• Work request
From top to bottom, restate the entries below word for word.

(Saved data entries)
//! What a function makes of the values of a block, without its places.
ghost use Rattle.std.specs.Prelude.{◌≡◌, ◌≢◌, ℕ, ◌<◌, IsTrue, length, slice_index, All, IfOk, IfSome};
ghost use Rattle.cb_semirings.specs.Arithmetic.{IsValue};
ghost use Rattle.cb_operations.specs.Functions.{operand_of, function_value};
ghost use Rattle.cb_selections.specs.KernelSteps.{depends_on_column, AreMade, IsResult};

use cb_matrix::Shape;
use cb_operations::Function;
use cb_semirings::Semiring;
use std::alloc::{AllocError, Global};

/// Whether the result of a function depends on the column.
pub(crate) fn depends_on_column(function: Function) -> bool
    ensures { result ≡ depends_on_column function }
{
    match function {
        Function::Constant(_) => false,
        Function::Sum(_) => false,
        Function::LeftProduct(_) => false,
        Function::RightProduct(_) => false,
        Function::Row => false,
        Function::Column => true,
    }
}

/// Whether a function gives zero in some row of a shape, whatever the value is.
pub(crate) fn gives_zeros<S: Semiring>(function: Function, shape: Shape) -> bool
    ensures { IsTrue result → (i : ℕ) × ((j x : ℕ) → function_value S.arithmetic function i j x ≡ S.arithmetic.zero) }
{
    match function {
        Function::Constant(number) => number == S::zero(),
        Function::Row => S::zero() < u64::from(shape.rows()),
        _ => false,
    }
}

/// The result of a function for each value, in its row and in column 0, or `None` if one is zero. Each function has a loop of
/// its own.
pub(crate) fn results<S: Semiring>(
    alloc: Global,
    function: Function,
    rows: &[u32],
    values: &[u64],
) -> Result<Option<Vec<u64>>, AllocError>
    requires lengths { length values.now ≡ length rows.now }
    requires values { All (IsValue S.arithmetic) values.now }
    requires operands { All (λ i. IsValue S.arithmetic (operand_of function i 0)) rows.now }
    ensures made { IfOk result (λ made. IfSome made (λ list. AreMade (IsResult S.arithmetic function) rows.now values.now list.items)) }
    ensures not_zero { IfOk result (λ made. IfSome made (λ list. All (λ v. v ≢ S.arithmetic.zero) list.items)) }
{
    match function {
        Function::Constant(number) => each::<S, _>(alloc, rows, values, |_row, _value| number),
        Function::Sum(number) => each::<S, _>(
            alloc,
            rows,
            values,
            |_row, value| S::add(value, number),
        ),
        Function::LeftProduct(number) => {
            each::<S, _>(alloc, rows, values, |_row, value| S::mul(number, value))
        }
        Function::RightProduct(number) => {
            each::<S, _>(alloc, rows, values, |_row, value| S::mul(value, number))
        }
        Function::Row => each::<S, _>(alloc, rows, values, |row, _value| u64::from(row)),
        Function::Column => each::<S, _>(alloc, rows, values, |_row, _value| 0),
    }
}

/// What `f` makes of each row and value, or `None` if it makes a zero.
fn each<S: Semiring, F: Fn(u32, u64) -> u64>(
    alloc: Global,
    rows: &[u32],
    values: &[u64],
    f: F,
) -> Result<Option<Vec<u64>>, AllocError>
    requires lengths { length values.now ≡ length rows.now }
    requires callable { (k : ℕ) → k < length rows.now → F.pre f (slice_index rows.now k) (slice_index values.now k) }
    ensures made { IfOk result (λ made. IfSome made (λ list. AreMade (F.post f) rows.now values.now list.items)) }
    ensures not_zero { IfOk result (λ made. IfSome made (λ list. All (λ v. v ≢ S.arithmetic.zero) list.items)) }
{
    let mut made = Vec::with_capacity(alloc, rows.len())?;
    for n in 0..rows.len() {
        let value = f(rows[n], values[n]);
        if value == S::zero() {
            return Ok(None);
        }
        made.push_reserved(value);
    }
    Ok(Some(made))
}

• Task solution
//! What a function makes of the values of a block, without its places.
ghost use Rattle.std.specs.Prelude.{◌≡◌, ◌≢◌, ℕ, ◌<◌, IsTrue, length, slice_index, All, IfOk, IfSome};
ghost use Rattle.cb_semirings.specs.Arithmetic.{IsValue};
ghost use Rattle.cb_operations.specs.Functions.{operand_of, function_value};
ghost use Rattle.cb_selections.specs.KernelSteps.{depends_on_column, AreMade, IsResult};

use cb_matrix::Shape;
use cb_operations::Function;
use cb_semirings::Semiring;
use std::alloc::{AllocError, Global};

/// Whether the result of a function depends on the column.
pub(crate) fn depends_on_column(function: Function) -> bool
    ensures { result ≡ depends_on_column function }
{
    match function {
        Function::Constant(_) => false,
        Function::Sum(_) => false,
        Function::LeftProduct(_) => false,
        Function::RightProduct(_) => false,
        Function::Row => false,
        Function::Column => true,
    }
}

/// Whether a function gives zero in some row of a shape, whatever the value is.
pub(crate) fn gives_zeros<S: Semiring>(function: Function, shape: Shape) -> bool
    ensures { IsTrue result → (i : ℕ) × ((j x : ℕ) → function_value S.arithmetic function i j x ≡ S.arithmetic.zero) }
{
    match function {
        Function::Constant(number) => number == S::zero(),
        Function::Row => S::zero() < u64::from(shape.rows()),
        _ => false,
    }
}

/// The result of a function for each value, in its row and in column 0, or `None` if one is zero. Each function has a loop of
/// its own.
pub(crate) fn results<S: Semiring>(
    alloc: Global,
    function: Function,
    rows: &[u32],
    values: &[u64],
) -> Result<Option<Vec<u64>>, AllocError>
    requires lengths { length values.now ≡ length rows.now }
    requires values { All (IsValue S.arithmetic) values.now }
    requires operands { All (λ i. IsValue S.arithmetic (operand_of function i 0)) rows.now }
    ensures made { IfOk result (λ made. IfSome made (λ list. AreMade (IsResult S.arithmetic function) rows.now values.now list.items)) }
    ensures not_zero { IfOk result (λ made. IfSome made (λ list. All (λ v. v ≢ S.arithmetic.zero) list.items)) }
{
    match function {
        Function::Constant(number) => each::<S, _>(alloc, rows, values, |_row, _value| number),
        Function::Sum(number) => each::<S, _>(
            alloc,
            rows,
            values,
            |_row, value| S::add(value, number),
        ),
        Function::LeftProduct(number) => {
            each::<S, _>(alloc, rows, values, |_row, value| S::mul(number, value))
        }
        Function::RightProduct(number) => {
            each::<S, _>(alloc, rows, values, |_row, value| S::mul(value, number))
        }
        Function::Row => each::<S, _>(alloc, rows, values, |row, _value| u64::from(row)),
        Function::Column => each::<S, _>(alloc, rows, values, |_row, _value| 0),
    }
}

/// What `f` makes of each row and value, or `None` if it makes a zero.
fn each<S: Semiring, F: Fn(u32, u64) -> u64>(
    alloc: Global,
    rows: &[u32],
    values: &[u64],
    f: F,
) -> Result<Option<Vec<u64>>, AllocError>
    requires lengths { length values.now ≡ length rows.now }
    requires callable { (k : ℕ) → k < length rows.now → F.pre f (slice_index rows.now k) (slice_index values.now k) }
    ensures made { IfOk result (λ made. IfSome made (λ list. AreMade (F.post f) rows.now values.now list.items)) }
    ensures not_zero { IfOk result (λ made. IfSome made (λ list. All (λ v. v ≢ S.arithmetic.zero) list.items)) }
{
    let mut made = Vec::with_capacity(alloc, rows.len())?;
    for n in 0..rows.len() {
        let value = f(rows[n], values[n]);
        if value == S::zero() {
            return Ok(None);
        }
        made.push_reserved(value);
    }
    Ok(Some(made))
}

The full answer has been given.